Segment Open
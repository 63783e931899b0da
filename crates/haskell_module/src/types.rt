//! Types.
ghost use Rattle.std.specs.Prelude.{◌≡◌, ◌++◌, OnOk, string_bytes};
ghost use Rattle.rules_expansion.specs.trees.Trees.{ty_of};
ghost use Rattle.haskell_module.specs.Types.{type_text};

use crate::pieces::put;
use hs_base::Ty;
use std::alloc::AllocError;

/// A type.
#[cycle(types)]
#[tactic(auto, using(rules_expansion::proofs::trees_lemmas::Equations::ty_rules))]
pub(crate) fn write_type(text: &mut String, ty: &Ty) -> Result<(), AllocError>
    ensures { OnOk result (string_bytes text.new ≡ string_bytes text.old ++ type_text (ty_of ty.now)) }
{
    match ty {
        Ty::Unit => put(text, "()"),
        Ty::Int => put(text, "Int"),
        Ty::Bool => put(text, "Bool"),
        Ty::Text => put(text, "Text"),
        Ty::Thread => put(text, "ThreadId"),
        Ty::Exn => put(text, "SomeException"),
        Ty::Pair(a, b) => write_two(text, "(", a.get(), ", ", b.get(), ")"),
        Ty::Maybe(a) => write_one(text, "(Maybe ", a.get(), ")"),
        Ty::Either(a, b) => write_two(text, "(Either ", a.get(), " ", b.get(), ")"),
        Ty::List(a) => write_one(text, "[", a.get(), "]"),
        Ty::Cell(a) => write_one(text, "(MVar ", a.get(), ")"),
        Ty::Async(a) => write_one(text, "(Async ", a.get(), ")"),
    }
}

#[cycle(types)]
fn write_one(text: &mut String, before: &str, part: &Ty, behind: &str) -> Result<(), AllocError>
    ensures { OnOk result (string_bytes text.new ≡ string_bytes text.old ++ (before.now ++ type_text (ty_of part.now) ++ behind.now)) }
{
    text.push_str(before)?;
    write_type(text, part)?;
    text.push_str(behind)
}

#[cycle(types)]
fn write_two(
    text: &mut String,
    before: &str,
    part: &Ty,
    between: &str,
    other: &Ty,
    behind: &str,
) -> Result<(), AllocError>
    ensures { OnOk result (string_bytes text.new ≡ string_bytes text.old ++ (before.now ++ type_text (ty_of part.now) ++ between.now ++ type_text (ty_of other.now) ++ behind.now)) }
{
    write_one(text, before, part, between)?;
    write_type(text, other)?;
    text.push_str(behind)
}
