// Why a text gives no sheet.
use std::fmt;

#[derive(Clone, Copy)]
pub enum Reason {
    NotRow,
    NotShape,
    NotSpace,
    SecondSpace,
    BothForms,
    TooManyRows,
    NoSpace,
    TooLong,
}

impl fmt::Display for Reason {
    fn fmt<W: fmt::Write>(&self, f: &mut fmt::Formatter<W>) -> fmt::Result {
        f.write_str(match self {
            Reason::NotRow => "not four numbers of 32 bits",
            Reason::NotShape => "shape is not four to twelve numbers of 32 bits",
            Reason::NotSpace => "space is not one number of 32 bits",
            Reason::SecondSpace => "a second space",
            Reason::BothForms => "sizes and shapes in one text",
            Reason::TooManyRows => "more rows than a sheet holds",
            Reason::NoSpace => "no space given",
            Reason::TooLong => "text too long",
        })
    }
}
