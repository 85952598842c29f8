// An array of one value, again and again. Where a long array is written out the check looks at each of its entries, so that it is
// written out in one place.
#![tactic(auto)]

ghost use Rattle.std.specs.Prelude.{◌≡◌, replicate};

// So many entries, all of that value.
pub fn filled<T: Copy, const N: usize>(value: T) -> [T; N]
    ensures { result ≡ replicate N value }
{
    [value; N]
}
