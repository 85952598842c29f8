// Makes a request sheet of a text. A line of it is `space N` or a row, and `#` starts a comment. The rows are all `size first last offset`, which gives a
// sheet of version 1, or all `shape code first last offset dimension ..`, with up to eight dimensions, which gives one of version 2. The sheet goes to
// standard output; for a text that is none, one line goes there that tells what is wrong and where. What the numbers mean is left to the planner.
#![tactic(auto)]

ghost use Rattle.std.specs.Io.{ReadsAtMost};

use refusal::Reason;
use sheet::{Progress, Rows, Sheet};
use std::io;
use std::io::Read;

mod refusal;
mod rows;
mod sheet;
mod text;

// Bytes enough for the longest line of a row, with some for a comment, as often as a sheet may have rows.
const INPUT_BYTES: usize = 160 * request_table::GREATEST_ROWS;

// With one byte more, so that a text that is too long is seen.
const BUFFER_BYTES: usize = INPUT_BYTES + 1;

// The sheet of the text, or the first reason against one and the number of its line, the first being line 1. Even the empty text has a line, so that there
// is one to name. Of a text that is too long the last line is not read: it may be cut, and might pass for another.
fn make<'a>(rows: &'a mut Rows, input: &[u8]) -> Result<Sheet<'a>, (usize, Reason)> {
    let text = &input[..input.len().min(INPUT_BYTES)];
    let too_long = text.len() < input.len();
    let mut progress = Progress::new(rows);
    // the bytes behind the line
    let mut left = text.len();
    let mut last = 1;
    for (number, line) in (1..=INPUT_BYTES).zip(text.split_inclusive(|byte| *byte == b'\n')) {
        left = left.saturating_sub(line.len());
        if too_long && left == 0 {
            return Err((number, Reason::TooLong));
        }
        progress.add_line(line).map_err(|reason| (number, reason))?;
        last = number;
    }
    progress.finish().map_err(|reason| (last, reason))
}

// Reads until the buffer is full or the input ends, and returns how many bytes stand at the buffer's start. Each program that reads has this for itself: what
// comes of reading is no equation, and every public function of a library has one. The loop goes by what was read.
fn read_full(reader: &mut impl Read, buffer: &mut [u8]) -> io::Result<usize>
    ensures { ReadsAtMost result buffer.new }
{
    let mut done = 0;
    while done < buffer.len() {
        let count = reader.read(&mut buffer[done..])?;
        if count == 0 {
            break;
        }
        done += count;
    }
    Ok(done)
}

// What comes of the input. The text is held no longer than here, so that its sheet is written in the memory that it had.
fn make_of_input<'a>(
    rows: &'a mut Rows,
    reader: &mut impl Read,
) -> io::Result<Result<Sheet<'a>, (usize, Reason)>> {
    let mut input = arrays::filled::<u8, BUFFER_BYTES>(0);
    let length = read_full(reader, &mut input)?;
    Ok(make(rows, &input[..length]))
}

fn main(rt: HostRuntime) -> io::Result<()> {
    let mut rows = Rows::new();
    match make_of_input(&mut rows, &mut rt.stdin())? {
        Ok(sheet) => sheet.write(&rt),
        Err((line, reason)) => println!(rt; "line {line}: {reason}"),
    }
}
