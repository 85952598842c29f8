// Little-endian bytes as words of 32 bits. Every call is allowed: a byte outside the slice reads as 0, and no place is too far on, so that no caller has
// a bound to show before it reads.
#![tactic(auto)]

ghost use Rattle.std.specs.Prelude.{◌≡◌, ◌+◌, get_or};
ghost use Rattle.word_bytes.specs.Bytes.{little_endian, signed_word, word_of};

// The byte some way ahead of a place. The way is compared with what there is from the place on, since the sum of the two may not fit, and so that a compiler
// sees that a table of words is one block.
fn byte(bytes: &[u8], at: usize, ahead: usize) -> u8
    ensures { result ≡ get_or bytes.now (at + ahead) 0 }
{
    if ahead < bytes.len().saturating_sub(at) {
        return bytes[at + ahead];
    }
    0
}

// The two bytes from a place on, the lowest first, as an unsigned number.
// This and the next stay two functions: their numbers are of two types, and what they have in common is `byte`.
#[tactic(auto, unfolding(crate::specs::Bytes::little_endian))]
pub fn unsigned16(bytes: &[u8], at: usize) -> u16
    ensures { result ≡ little_endian bytes.now at 2 }
{
    u16::from_le_bytes([byte(bytes, at, 0), byte(bytes, at, 1)])
}

// The four bytes from a place on, the lowest first, as an unsigned number.
#[tactic(auto, unfolding(crate::specs::Bytes::little_endian))]
pub fn unsigned32(bytes: &[u8], at: usize) -> u32
    ensures { result ≡ little_endian bytes.now at 4 }
{
    u32::from_le_bytes([
        byte(bytes, at, 0),
        byte(bytes, at, 1),
        byte(bytes, at, 2),
        byte(bytes, at, 3),
    ])
}

// The signed word in the four bytes from a place on.
#[tactic(auto, using(crate::proofs::Casts::signed_is), unfolding(crate::specs::Bytes::word_of))]
pub fn word(bytes: &[u8], at: usize) -> i32
    ensures { result ≡ word_of bytes.now at }
{
    unsigned32(bytes, at).cast_signed()
}
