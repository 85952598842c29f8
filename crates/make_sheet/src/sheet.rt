// A request sheet, made entry by entry.
use crate::refusal::Reason;
use crate::rows::{Form, Row};
use crate::text;
use crate::text::Entry;
use arrayvec::ArrayVec;
use request_table::GREATEST_ROWS;
use shape_rule::SHAPE_WORDS;
use std::io;
use std::io::Write;

// The bytes of the mark, the version, the number of rows and the space.
const HEADER_BYTES: usize = 11;

const WORD_BYTES: usize = 4;

// The bytes of the longest sheet, which has the most rows in the longer form.
const GREATEST_SHEET: usize = HEADER_BYTES + WORD_BYTES * SHAPE_WORDS * GREATEST_ROWS;

// As many rows as a sheet holds, in memory that the program lends.
pub type Rows = ArrayVec<Row, GREATEST_ROWS>;

// What the lines so far gave. The rows stand in the program's own memory, so that none is asked for.
#[derive(Drop)]
pub struct Progress<'a> {
    rows: &'a mut Rows,
    space: Option<u32>,
}

#[derive(Clone, Copy)]
pub struct Sheet<'a> {
    rows: &'a Rows,
    space: u32,
}

impl<'a> Progress<'a> {
    // The rows are to be none yet.
    pub(crate) fn new(rows: &'a mut Rows) -> Progress<'a> {
        Progress { rows, space: None }
    }

    fn add_space(&mut self, space: u32) -> Result<(), Reason> {
        match self.space.replace(space) {
            Some(_) => Err(Reason::SecondSpace),
            None => Ok(()),
        }
    }

    fn add_row(&mut self, row: Row) -> Result<(), Reason> {
        if let Some(first) = self.rows.first()
            && first.form() != row.form()
        {
            return Err(Reason::BothForms);
        }
        self.rows.try_push(row).map_err(|_| Reason::TooManyRows)
    }

    // Takes a line. One that says nothing adds nothing.
    pub(crate) fn add_line(&mut self, line: &[u8]) -> Result<(), Reason> {
        match text::entry_of(line)? {
            Some(Entry::Space(space)) => self.add_space(space),
            Some(Entry::Row(row)) => self.add_row(row),
            None => Ok(()),
        }
    }

    // The sheet, if a line gave the space.
    pub(crate) fn finish(self) -> Result<Sheet<'a>, Reason> {
        let Progress { rows, space } = self;
        let space = space.ok_or(Reason::NoSpace)?;
        Ok(Sheet { rows, space })
    }
}

impl Sheet<'_> {
    // The version goes by the form of the rows. A sheet without rows has version 1.
    fn version(&self) -> u16 {
        match self.rows.first().map(Row::form) {
            Some(Form::Shapes) => 2,
            Some(Form::Sizes) | None => 1,
        }
    }

    // The mark, the version, the number of rows, the space and the rows. Of each number the lowest byte comes first. It fails only where the bytes have no
    // room for a sheet.
    fn write_to(&self, bytes: &mut impl Write) -> io::Result<()> {
        bytes.write_all(b"ARN")?;
        bytes.write_all(&self.version().to_le_bytes())?;
        bytes.write_all(&(self.rows.len() as u16).to_le_bytes())?;
        bytes.write_all(&self.space.to_le_bytes())?;
        for row in self.rows.as_slice() {
            for word in row.words() {
                bytes.write_all(&word.to_le_bytes())?;
            }
        }
        Ok(())
    }

    pub(crate) fn write(&self, rt: &impl Print) -> io::Result<()> {
        let mut bytes = ArrayVec::<u8, GREATEST_SHEET>::new();
        self.write_to(&mut bytes)?;
        rt.write_all(bytes.as_slice())
    }
}
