// Lines of a text, their words, and what they say.
ghost use Rattle.std.specs.Prelude.{length};
ghost use Rattle.std.specs.Iterator.{at_most};

use crate::refusal::Reason;
use crate::rows;
use crate::rows::Row;

// The words of a line: what stands between blanks and tabs. It is a type of its own, since the words of a line are counted and then read once more, so that
// they must be copied.
#[derive(Clone, Copy)]
pub struct Words<'a>(&'a [u8]);

fn is_blank(byte: u8) -> bool {
    matches!(byte, b' ' | b'\t')
}

impl<'a> Iterator for Words<'a> {
    type Item = &'a [u8];

    ghost remaining = { λ s. at_most (length s.0.now) };

    fn next(&mut self) -> Option<&'a [u8]> {
        let start = self.0.iter().position(|byte| !is_blank(*byte))?;
        let rest = &self.0[start..];
        match rest.iter().position(|byte| is_blank(*byte)) {
            Some(end) => {
                self.0 = &rest[end + 1..];
                Some(&rest[..end])
            }
            None => {
                self.0 = &[];
                Some(rest)
            }
        }
    }
}

// What a line adds to a sheet.
#[derive(Clone, Copy)]
pub enum Entry {
    Space(u32),
    Row(Row),
}

// The line without its end and its comment. A carriage return belongs to the line's end only before a line feed: elsewhere it is a byte like any other,
// and no number has one.
fn content(line: &[u8]) -> &[u8] {
    let line = line
        .strip_suffix(b"\r\n")
        .or(line.strip_suffix(b"\n"))
        .unwrap_or(line);
    line.split(|byte| *byte == b'#').next().unwrap_or(line)
}

// The number behind the word `space`, with nothing after it.
fn space(mut words: Words<'_>) -> Option<u32> {
    let number = decimal_text::natural(words.next()?)?;
    if words.next().is_some() {
        return None;
    }
    u32::try_from(number).ok()
}

// What a line says. One that has no words says nothing.
pub(crate) fn entry_of(line: &[u8]) -> Result<Option<Entry>, Reason> {
    let words = Words(content(line));
    let mut others = words;
    let entry = match others.next() {
        None => return Ok(None),
        Some(b"space") => Entry::Space(space(others).ok_or(Reason::NotSpace)?),
        Some(b"shape") => Entry::Row(rows::shape(others).ok_or(Reason::NotShape)?),
        Some(_) => Entry::Row(rows::size(words).ok_or(Reason::NotRow)?),
    };
    Ok(Some(entry))
}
Segment Closed
→ Task directions: Only the lines above from the line with "const INPUT_BYTES: usize" to the line with "so that there", those two lines included, should be reproduced exactly.

→ Worked solution:
const INPUT_BYTES: usize = 160 * request_table::GREATEST_ROWS;

// With one byte more, so that a text that is too long is seen.
const BUFFER_BYTES: usize = INPUT_BYTES + 1;

// The sheet of the text, or the first reason against one and the number of its line, the first being line 1. Even the empty text has a line, so that there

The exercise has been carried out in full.